= Activity =
Your task is to repeat exactly the lines below between the line holding "bytes after it." and the line holding "6c696278 00312e30 5e676974", inclusive, and only those.

= Extracted records =
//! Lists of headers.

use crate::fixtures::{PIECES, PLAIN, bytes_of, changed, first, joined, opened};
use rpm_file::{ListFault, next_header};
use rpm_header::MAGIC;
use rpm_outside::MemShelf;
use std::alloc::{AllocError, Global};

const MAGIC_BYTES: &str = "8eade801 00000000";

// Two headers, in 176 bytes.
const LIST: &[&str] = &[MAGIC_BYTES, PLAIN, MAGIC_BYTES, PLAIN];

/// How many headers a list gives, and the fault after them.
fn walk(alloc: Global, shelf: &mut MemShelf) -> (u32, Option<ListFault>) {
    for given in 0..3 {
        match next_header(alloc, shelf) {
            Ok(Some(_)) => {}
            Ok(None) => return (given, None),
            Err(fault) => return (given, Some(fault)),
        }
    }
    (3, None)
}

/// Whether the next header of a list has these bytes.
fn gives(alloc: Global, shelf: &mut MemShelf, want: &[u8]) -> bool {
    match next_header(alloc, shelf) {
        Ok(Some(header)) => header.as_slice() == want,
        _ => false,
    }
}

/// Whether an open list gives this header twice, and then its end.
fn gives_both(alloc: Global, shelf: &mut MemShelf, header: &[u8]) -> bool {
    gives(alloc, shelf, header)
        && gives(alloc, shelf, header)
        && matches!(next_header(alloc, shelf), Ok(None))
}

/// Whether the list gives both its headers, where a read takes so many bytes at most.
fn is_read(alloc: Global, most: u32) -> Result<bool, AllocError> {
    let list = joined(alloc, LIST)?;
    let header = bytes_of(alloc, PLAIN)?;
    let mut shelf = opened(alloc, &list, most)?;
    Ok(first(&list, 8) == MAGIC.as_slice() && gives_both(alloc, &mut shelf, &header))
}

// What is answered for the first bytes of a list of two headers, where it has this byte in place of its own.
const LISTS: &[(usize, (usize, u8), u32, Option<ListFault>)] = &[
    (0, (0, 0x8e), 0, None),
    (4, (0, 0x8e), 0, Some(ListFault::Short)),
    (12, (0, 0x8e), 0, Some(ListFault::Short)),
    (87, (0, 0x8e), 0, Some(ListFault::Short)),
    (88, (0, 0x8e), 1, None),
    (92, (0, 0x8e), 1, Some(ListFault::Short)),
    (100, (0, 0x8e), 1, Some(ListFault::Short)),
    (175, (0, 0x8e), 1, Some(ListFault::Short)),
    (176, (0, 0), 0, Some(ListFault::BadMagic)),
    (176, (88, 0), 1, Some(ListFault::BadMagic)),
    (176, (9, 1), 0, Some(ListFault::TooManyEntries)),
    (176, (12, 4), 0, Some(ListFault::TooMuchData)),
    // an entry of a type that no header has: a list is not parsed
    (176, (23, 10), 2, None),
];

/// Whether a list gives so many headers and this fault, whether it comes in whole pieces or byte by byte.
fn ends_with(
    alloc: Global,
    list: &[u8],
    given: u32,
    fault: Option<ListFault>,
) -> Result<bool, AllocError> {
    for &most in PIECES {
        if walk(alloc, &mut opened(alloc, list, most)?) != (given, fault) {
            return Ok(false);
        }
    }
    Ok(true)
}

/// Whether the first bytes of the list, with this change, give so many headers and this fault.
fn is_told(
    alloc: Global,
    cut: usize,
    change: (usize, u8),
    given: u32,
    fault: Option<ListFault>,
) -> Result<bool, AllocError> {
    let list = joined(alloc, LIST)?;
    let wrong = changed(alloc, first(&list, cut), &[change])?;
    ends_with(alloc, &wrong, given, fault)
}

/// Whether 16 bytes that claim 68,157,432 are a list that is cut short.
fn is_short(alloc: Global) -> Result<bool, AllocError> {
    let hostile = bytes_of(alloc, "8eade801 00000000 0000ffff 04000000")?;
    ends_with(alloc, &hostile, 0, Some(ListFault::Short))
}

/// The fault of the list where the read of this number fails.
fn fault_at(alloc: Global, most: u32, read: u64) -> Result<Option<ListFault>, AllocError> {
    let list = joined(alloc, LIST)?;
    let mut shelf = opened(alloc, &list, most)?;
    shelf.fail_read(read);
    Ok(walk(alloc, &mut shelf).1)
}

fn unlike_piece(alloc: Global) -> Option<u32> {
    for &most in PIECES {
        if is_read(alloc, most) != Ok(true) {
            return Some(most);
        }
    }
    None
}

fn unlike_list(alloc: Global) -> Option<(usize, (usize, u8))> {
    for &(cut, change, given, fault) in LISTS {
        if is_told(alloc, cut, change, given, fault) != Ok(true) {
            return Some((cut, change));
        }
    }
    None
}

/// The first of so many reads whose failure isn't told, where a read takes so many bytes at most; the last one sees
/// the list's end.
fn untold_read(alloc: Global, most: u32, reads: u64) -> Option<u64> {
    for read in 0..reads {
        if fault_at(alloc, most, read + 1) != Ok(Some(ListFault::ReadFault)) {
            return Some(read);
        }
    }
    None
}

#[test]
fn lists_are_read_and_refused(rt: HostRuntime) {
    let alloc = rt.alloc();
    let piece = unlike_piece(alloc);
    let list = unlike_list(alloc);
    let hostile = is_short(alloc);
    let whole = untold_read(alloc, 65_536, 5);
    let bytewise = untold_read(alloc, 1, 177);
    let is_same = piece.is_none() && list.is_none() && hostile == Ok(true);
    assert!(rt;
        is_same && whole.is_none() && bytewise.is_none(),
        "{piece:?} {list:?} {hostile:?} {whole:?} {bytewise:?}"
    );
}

--

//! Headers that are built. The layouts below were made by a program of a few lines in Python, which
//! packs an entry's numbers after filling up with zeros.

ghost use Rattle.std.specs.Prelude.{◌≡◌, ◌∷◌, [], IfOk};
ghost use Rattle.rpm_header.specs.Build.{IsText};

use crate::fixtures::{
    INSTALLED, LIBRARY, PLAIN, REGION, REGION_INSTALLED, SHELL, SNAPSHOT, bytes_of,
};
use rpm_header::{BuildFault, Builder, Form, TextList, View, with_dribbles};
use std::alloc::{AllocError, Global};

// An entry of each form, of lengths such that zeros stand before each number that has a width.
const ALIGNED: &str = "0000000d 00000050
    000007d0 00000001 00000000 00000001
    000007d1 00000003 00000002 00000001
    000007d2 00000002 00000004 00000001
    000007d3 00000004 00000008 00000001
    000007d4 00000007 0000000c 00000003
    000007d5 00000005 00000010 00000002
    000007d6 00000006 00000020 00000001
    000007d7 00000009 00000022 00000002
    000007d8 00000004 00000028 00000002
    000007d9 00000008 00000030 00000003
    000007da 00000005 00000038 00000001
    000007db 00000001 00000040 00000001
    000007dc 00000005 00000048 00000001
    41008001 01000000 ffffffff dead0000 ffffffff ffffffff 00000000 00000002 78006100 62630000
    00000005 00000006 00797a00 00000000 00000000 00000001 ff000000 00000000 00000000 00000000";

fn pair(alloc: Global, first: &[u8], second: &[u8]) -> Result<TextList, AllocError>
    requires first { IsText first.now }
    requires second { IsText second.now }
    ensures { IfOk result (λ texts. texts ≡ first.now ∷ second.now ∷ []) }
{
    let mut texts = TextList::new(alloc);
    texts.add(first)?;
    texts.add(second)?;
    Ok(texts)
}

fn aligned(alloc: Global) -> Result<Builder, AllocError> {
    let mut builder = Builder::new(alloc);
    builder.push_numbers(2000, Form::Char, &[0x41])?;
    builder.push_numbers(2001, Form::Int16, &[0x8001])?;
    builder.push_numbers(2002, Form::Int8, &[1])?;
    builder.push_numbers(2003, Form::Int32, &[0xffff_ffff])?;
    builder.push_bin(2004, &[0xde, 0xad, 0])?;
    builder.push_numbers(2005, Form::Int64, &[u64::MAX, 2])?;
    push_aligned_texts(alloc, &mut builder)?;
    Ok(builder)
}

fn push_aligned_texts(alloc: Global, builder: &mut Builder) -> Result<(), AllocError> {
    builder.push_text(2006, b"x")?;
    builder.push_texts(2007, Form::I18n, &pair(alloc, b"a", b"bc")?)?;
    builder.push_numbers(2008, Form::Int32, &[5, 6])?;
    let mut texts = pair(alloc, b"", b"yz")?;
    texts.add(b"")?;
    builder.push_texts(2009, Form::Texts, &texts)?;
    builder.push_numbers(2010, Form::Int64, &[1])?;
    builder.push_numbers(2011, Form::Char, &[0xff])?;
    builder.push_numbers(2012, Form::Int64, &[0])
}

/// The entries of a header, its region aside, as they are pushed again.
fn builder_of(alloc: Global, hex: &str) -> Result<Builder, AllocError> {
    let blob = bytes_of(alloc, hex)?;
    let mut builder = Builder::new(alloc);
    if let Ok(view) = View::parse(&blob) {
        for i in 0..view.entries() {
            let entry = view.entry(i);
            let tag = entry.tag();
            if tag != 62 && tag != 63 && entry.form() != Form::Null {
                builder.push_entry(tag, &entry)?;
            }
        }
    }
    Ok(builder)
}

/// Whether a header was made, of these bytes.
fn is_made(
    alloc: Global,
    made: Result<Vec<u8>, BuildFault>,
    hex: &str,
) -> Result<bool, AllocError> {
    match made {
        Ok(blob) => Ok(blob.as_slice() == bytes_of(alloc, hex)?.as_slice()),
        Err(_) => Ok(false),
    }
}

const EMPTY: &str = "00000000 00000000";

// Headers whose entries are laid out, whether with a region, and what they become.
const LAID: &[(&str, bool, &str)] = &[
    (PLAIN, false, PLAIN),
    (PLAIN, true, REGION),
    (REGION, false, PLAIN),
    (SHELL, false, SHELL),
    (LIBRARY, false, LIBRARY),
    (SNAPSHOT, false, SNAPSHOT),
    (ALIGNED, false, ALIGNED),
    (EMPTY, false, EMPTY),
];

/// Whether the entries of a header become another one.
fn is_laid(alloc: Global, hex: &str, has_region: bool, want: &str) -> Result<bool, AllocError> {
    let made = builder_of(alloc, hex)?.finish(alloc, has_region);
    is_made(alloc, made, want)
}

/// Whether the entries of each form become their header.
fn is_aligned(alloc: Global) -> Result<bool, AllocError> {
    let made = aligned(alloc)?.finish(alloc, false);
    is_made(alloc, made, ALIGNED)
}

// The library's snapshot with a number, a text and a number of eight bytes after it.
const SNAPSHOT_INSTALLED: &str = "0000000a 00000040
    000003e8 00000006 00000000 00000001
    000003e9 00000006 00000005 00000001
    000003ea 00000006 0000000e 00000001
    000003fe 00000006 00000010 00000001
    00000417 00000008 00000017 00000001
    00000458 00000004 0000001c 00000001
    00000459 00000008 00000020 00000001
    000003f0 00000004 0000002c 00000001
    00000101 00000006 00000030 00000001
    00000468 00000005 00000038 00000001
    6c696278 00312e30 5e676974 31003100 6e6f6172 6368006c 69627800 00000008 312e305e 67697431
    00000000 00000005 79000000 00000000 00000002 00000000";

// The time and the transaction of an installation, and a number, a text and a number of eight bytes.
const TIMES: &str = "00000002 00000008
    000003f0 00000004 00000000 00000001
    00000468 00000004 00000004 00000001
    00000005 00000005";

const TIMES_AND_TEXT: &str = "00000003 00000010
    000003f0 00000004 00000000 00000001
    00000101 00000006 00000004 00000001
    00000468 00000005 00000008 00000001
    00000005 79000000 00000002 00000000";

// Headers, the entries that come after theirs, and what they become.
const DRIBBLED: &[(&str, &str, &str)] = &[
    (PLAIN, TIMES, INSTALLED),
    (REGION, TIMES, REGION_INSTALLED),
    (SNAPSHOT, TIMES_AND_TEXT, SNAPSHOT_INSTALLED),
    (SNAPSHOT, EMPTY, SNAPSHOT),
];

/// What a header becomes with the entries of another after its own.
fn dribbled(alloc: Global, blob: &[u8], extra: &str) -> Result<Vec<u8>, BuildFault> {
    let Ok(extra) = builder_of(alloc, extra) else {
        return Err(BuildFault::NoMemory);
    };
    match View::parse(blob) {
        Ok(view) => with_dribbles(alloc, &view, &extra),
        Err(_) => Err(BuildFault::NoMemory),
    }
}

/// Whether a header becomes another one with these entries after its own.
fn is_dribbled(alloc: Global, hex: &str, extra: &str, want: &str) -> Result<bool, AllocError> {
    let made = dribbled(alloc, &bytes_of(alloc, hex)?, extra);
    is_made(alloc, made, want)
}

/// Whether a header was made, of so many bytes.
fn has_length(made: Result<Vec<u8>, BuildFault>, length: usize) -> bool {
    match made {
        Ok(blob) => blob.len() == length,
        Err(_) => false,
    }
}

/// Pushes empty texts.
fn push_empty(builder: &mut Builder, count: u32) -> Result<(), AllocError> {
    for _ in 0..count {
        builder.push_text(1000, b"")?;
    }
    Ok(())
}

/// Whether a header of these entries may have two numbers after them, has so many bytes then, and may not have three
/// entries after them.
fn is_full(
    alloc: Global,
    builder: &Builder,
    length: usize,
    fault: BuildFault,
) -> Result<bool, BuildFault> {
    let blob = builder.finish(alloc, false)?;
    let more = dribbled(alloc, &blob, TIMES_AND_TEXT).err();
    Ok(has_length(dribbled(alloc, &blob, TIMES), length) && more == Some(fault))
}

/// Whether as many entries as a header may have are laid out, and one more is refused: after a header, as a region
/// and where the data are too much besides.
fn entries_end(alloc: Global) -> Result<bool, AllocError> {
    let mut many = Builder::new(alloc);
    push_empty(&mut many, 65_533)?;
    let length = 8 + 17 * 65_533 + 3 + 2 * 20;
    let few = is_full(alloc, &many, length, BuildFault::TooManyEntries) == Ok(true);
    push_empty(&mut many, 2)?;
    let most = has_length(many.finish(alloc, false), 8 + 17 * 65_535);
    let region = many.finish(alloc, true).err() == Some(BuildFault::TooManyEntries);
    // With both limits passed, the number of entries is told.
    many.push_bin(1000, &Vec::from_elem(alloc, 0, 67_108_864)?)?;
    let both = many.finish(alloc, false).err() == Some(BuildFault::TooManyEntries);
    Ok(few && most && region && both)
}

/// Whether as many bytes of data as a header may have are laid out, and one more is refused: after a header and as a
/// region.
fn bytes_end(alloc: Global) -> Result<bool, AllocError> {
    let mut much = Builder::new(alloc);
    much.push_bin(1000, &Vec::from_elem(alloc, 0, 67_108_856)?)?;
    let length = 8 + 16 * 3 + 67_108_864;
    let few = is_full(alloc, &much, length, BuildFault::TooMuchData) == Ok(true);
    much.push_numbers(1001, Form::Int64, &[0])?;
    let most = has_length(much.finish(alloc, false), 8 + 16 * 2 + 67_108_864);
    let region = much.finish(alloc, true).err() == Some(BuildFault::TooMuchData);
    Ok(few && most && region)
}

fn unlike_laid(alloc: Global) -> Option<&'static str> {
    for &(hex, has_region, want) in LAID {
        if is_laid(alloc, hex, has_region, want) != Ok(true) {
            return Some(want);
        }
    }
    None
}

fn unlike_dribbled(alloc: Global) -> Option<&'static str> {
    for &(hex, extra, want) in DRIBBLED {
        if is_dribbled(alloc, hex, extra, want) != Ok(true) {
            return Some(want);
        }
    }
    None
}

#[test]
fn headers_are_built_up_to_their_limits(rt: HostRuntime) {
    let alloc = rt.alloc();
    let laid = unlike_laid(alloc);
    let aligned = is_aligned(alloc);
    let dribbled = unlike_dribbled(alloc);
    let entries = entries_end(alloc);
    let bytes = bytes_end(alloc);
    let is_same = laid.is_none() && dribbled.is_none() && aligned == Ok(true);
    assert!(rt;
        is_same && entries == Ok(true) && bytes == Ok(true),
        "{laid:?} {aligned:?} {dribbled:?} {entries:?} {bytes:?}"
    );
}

= Result below =
// The library's snapshot with a number, a text and a number of eight bytes after it.
const SNAPSHOT_INSTALLED: &str = "0000000a 00000040
    000003e8 00000006 00000000 00000001
    000003e9 00000006 00000005 00000001
    000003ea 00000006 0000000e 00000001
    000003fe 00000006 00000010 00000001
    00000417 00000008 00000017 00000001
    00000458 00000004 0000001c 00000001
    00000459 00000008 00000020 00000001
    000003f0 00000004 0000002c 00000001
    00000101 00000006 00000030 00000001
    00000468 00000005 00000038 00000001
    6c696278 00312e30 5e676974 31003100 6e6f6172 6368006c 69627800 00000008 312e305e 67697431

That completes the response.